**TASK PROMPT:** When a line of the entries contains "VarId", please list that line.

(Collected data)
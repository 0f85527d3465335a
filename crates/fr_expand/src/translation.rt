//! The core expression that an expression stands for.
ghost use Rattle.std.specs.Prelude.{◌≡◌, ◌≤◌, ◌+◌, ◌++◌, [], ◌∷◌, map, length, IfOk, OnOk};
ghost use Rattle.fr_core.specs.declared.core_form.Core.TheVariants as core;
ghost use Rattle.fr_syntax.specs.Weights.{weight};
ghost use Rattle.fr_value.specs.Data.{total};
ghost use Rattle.fr_scope.specs.Meanings.{most_numbered};
ghost use Rattle.fr_expand.specs.Faults.{named};
ghost use Rattle.fr_expand.specs.Shapes.{exprs_of, names_of};
ghost use Rattle.fr_expand.specs.Translation.{core_of, each_core, chained_core, cond_core, and_core, or_core};

use crate::bindings::bind;
use crate::cores::{call_core, given_or, truth, value_core};
use crate::view::{Names, Parts, View, view_of};
use fr_core::Core;
use fr_scope::{Globals, Scope};
use fr_syntax::Expr;
use fr_value::{Symbol, VarId};
use sqlite_items::{Boxed, Items};
use std::alloc::{AllocError, Global};

/// The core expression that an expression stands for, where these variables are in scope.
///
/// It takes stack for each level of the core expression, and time in the expression's size.
#[cycle(core)]
#[tactic(auto, using(crate::proofs::Views::core_opens, crate::proofs::Views::weight_opens))]
pub(crate) fn core_in(
    alloc: Global,
    globals: &Globals,
    scope: &mut Scope,
    expr: &Expr,
) -> Result<Core, AllocError>
    requires { length scope.old + weight expr.now ≤ most_numbered }
    ensures made { IfOk result (λ c. c ≡ core_of globals.now expr.now scope.old) }
    ensures scope { OnOk result (scope.new ≡ scope.old) }
{
    match view_of(expr) {
        View::Literal(value) => Ok(Core::Lit(value.share()?)),
        View::Name(name) => Ok(value_core(globals.meaning(scope, name))),
        View::Call(callee, parts) => {
            let args = cores_in(alloc, globals, scope, Parts::Each(parts))?;
            Ok(call_core(globals.meaning(scope, callee), args))
        }
        View::If(test, then, other) => {
            let other = boxed_core(alloc, globals, scope, other)?;
            test_core(alloc, globals, scope, test, then, other)
        }
        View::Chain(names, parts, body) => chained_core(alloc, globals, scope, names, parts, body),
        View::Cond(tests, parts, other) => cond_core(alloc, globals, scope, tests, parts, other),
        View::And(parts) => and_core(alloc, globals, scope, parts),
        View::Or(parts) => or_core(alloc, globals, scope, parts),
        View::Operator(operator, parts) => {
            let parts = cores_in(alloc, globals, scope, parts)?;
            Ok(Core::Operator(operator, parts))
        }
        View::Binding(binding, parts, names, body) => {
            let body = core_under(alloc, globals, scope, names, body)?;
            let parts = cores_in(alloc, globals, scope, parts)?;
            Ok(binding.core(parts, body))
        }
        View::Feedback(name, first, body) => {
            let body = core_under(alloc, globals, scope, Names::One(name), body)?;
            let first = boxed_core(alloc, globals, scope, first)?;
            Ok(Core::Feedback(first, body))
        }
    }
}

#[cycle(core)]
fn boxed_core(
    alloc: Global,
    globals: &Globals,
    scope: &mut Scope,
    expr: &Expr,
) -> Result<Boxed<Core>, AllocError>
    requires { length scope.old + weight expr.now ≤ most_numbered }
    ensures made { IfOk result (λ c. c ≡ core_of globals.now expr.now scope.old) }
    ensures scope { OnOk result (scope.new ≡ scope.old) }
{
    let core = core_in(alloc, globals, scope, expr)?;
    Boxed::new(alloc, core)
}

/// The core expressions of all parts.
#[cycle(core)]
fn cores_in(
    alloc: Global,
    globals: &Globals,
    scope: &mut Scope,
    parts: Parts<'_>,
) -> Result<Items<Core>, AllocError>
    requires { length scope.old + total (map weight (exprs_of parts)) ≤ most_numbered }
    ensures made { IfOk result (λ cs. cs ≡ each_core (map (core_of globals.now) (exprs_of parts.entry)) scope.old) }
    ensures scope { OnOk result (scope.new ≡ scope.old) }
{
    let mut cores = Items::new(alloc);
    add_group(alloc, globals, scope, parts, &mut cores)?;
    Ok(cores)
}

/// The core expressions of all parts, behind others.
#[cycle(core)]
fn add_group(
    alloc: Global,
    globals: &Globals,
    scope: &mut Scope,
    parts: Parts<'_>,
    cores: &mut Items<Core>,
) -> Result<(), AllocError>
    requires { length scope.old + total (map weight (exprs_of parts)) ≤ most_numbered }
    ensures made { OnOk result (cores.new ≡ cores.old ++ each_core (map (core_of globals.now) (exprs_of parts.entry)) scope.old) }
    ensures scope { OnOk result (scope.new ≡ scope.old) }
{
    match parts {
        Parts::One(part) => add_core(alloc, globals, scope, part, cores),
        Parts::Two(first, second) => {
            add_core(alloc, globals, scope, first, cores)?;
            add_core(alloc, globals, scope, second, cores)
        }
        Parts::Each(parts) => {
            for part in parts {
                add_core(alloc, globals, scope, part, cores)?;
            }
            Ok(())
        }
    }
}

/// The core expression of a part, behind others.
#[cycle(core)]
fn add_core(
    alloc: Global,
    globals: &Globals,
    scope: &mut Scope,
    part: &Expr,
    cores: &mut Items<Core>,
) -> Result<(), AllocError>
    requires { length scope.old + weight part.now ≤ most_numbered }
    ensures made { OnOk result (cores.new ≡ cores.old ++ core_of globals.now part.now scope.old ∷ []) }
    ensures scope { OnOk result (scope.new ≡ scope.old) }
{
    let core = core_in(alloc, globals, scope, part)?;
    cores.push(core)
}

/// The core expression of a body that sees a variable more for each of these names.
#[cycle(core)]
fn core_under(
    alloc: Global,
    globals: &Globals,
    scope: &mut Scope,
    names: Names<'_>,
    body: &Expr,
) -> Result<Boxed<Core>, AllocError>
    requires { length scope.old + length (names_of names) + weight body.now ≤ most_numbered }
    ensures made { IfOk result (λ c. c ≡ core_of globals.now body.now (scope.old ++ named (names_of names.entry))) }
    ensures scope { OnOk result (scope.new ≡ scope.old) }
{
    let outer = scope.len();
    bind(scope, names)?;
    let core = boxed_core(alloc, globals, scope, body)?;
    scope.cut(outer);
    Ok(core)
}

/// A test with what follows where it holds, and where it doesn't.
#[cycle(core)]
fn test_core(
    alloc: Global,
    globals: &Globals,
    scope: &mut Scope,
    test: &Expr,
    then: &Expr,
    other: Boxed<Core>,
) -> Result<Core, AllocError>
    requires { length scope.old + weight test.now + weight then.now ≤ most_numbered }
    ensures made { IfOk result (λ c. c ≡ core.If (core_of globals.now test.now scope.old) (core_of globals.now then.now scope.old) other) }
    ensures scope { OnOk result (scope.new ≡ scope.old) }
{
    let then = boxed_core(alloc, globals, scope, then)?;
    let test = boxed_core(alloc, globals, scope, test)?;
    Ok(Core::If(test, then, other))
}

/// A part that is bound to one more variable, and the body that sees it.
#[cycle(core)]
fn let_core(
    alloc: Global,
    globals: &Globals,
    scope: &mut Scope,
    part: &Expr,
    body: Boxed<Core>,
) -> Result<Core, AllocError>
    requires { length scope.old + weight part.now ≤ most_numbered }
    ensures made { IfOk result (λ c. c ≡ core.Let (core_of globals.now part.now scope.old ∷ []) body) }
    ensures scope { OnOk result (scope.new ≡ scope.old) }
{
    let values = cores_in(alloc, globals, scope, Parts::One(part))?;
    Ok(Core::Let(values, body))
}

/// One binding inside another.
#[cycle(core)]
#[tactic(auto, using(crate::proofs::Walks::chained))]
fn chained_core(
    alloc: Global,
    globals: &Globals,
    scope: &mut Scope,
    names: &[Symbol],
    parts: &[Expr],
    body: &Expr,
) -> Result<Core, AllocError>
    requires { length scope.old + length names.now + total (map weight parts.now) + weight body.now ≤ most_numbered }
    ensures made { IfOk result (λ c. c ≡ chained_core names.now (map (core_of globals.now) parts.now) (core_of globals.now body.now) scope.old) }
    ensures scope { OnOk result (scope.new ≡ scope.old) }
{
    let Some((name, names)) = names.split_first() else {
        return core_in(alloc, globals, scope, body);
    };
    let Some((part, parts)) = parts.split_first() else {
        return core_in(alloc, globals, scope, body);
    };
    let outer = scope.len();
    scope.push(name)?;
    let rest = chained_core(alloc, globals, scope, names, parts, body)?;
    scope.cut(outer);
    let rest = Boxed::new(alloc, rest)?;
    let_core(alloc, globals, scope, part, rest)
}

/// One test inside another.
#[cycle(core)]
#[tactic(auto, using(crate::proofs::Walks::chained))]
fn cond_core(
    alloc: Global,
    globals: &Globals,
    scope: &mut Scope,
    tests: &[Expr],
    parts: &[Expr],
    other: &Expr,
) -> Result<Core, AllocError>
    requires { length scope.old + total (map weight tests.now) + total (map weight parts.now) + weight other.now ≤ most_numbered }
    ensures made { IfOk result (λ c. c ≡ cond_core (each_core (map (core_of globals.now) tests.now) scope.old) (each_core (map (core_of globals.now) parts.now) scope.old)
        (core_of globals.now other.now scope.old)) }
    ensures scope { OnOk result (scope.new ≡ scope.old) }
{
    let Some((test, tests)) = tests.split_first() else {
        return core_in(alloc, globals, scope, other);
    };
    let Some((part, parts)) = parts.split_first() else {
        return core_in(alloc, globals, scope, other);
    };
    let rest = cond_core(alloc, globals, scope, tests, parts, other)?;
    let rest = Boxed::new(alloc, rest)?;
    test_core(alloc, globals, scope, test, part, rest)
}

/// All parts but the last as tests.
#[cycle(core)]
fn and_core(
    alloc: Global,
    globals: &Globals,
    scope: &mut Scope,
    parts: &[Expr],
) -> Result<Core, AllocError>
    requires { length scope.old + total (map weight parts.now) ≤ most_numbered }
    ensures made { IfOk result (λ c. c ≡ and_core (each_core (map (core_of globals.now) parts.now) scope.old)) }
    ensures scope { OnOk result (scope.new ≡ scope.old) }
{
    match parts {
        [] => Ok(truth(true)),
        [last] => core_in(alloc, globals, scope, last),
        [first, others @ ..] => {
            let then = and_core(alloc, globals, scope, others)?;
            let then = Boxed::new(alloc, then)?;
            let test = boxed_core(alloc, globals, scope, first)?;
            let other = Boxed::new(alloc, truth(false))?;
            Ok(Core::If(test, then, other))
        }
    }
}

/// All parts but the last bound to a variable without a name, tested, and given where they aren't `#f`.
#[cycle(core)]
fn or_core(
    alloc: Global,
    globals: &Globals,
    scope: &mut Scope,
    parts: &[Expr],
) -> Result<Core, AllocError>
    requires { length scope.old + total (map weight parts.now) ≤ most_numbered }
    ensures made { IfOk result (λ c. c ≡ or_core (map (core_of globals.now) parts.now) scope.old) }
    ensures scope { OnOk result (scope.new ≡ scope.old) }
{
    match parts {
        [] => Ok(truth(false)),
        [last] => core_in(alloc, globals, scope, last),
        [first, others @ ..] => {
            let outer = scope.len();
            scope.push_unnamed()?;
            let other = or_core(alloc, globals, scope, others)?;
            scope.cut(outer);
            let body = given_or(alloc, VarId(outer as u32), other)?;
            let_core(alloc, globals, scope, first, body)
        }
    }
}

**RESULT OF THE EXERCISE:**
use fr_value::{Symbol, VarId};
            let body = given_or(alloc, VarId(outer as u32), other)?;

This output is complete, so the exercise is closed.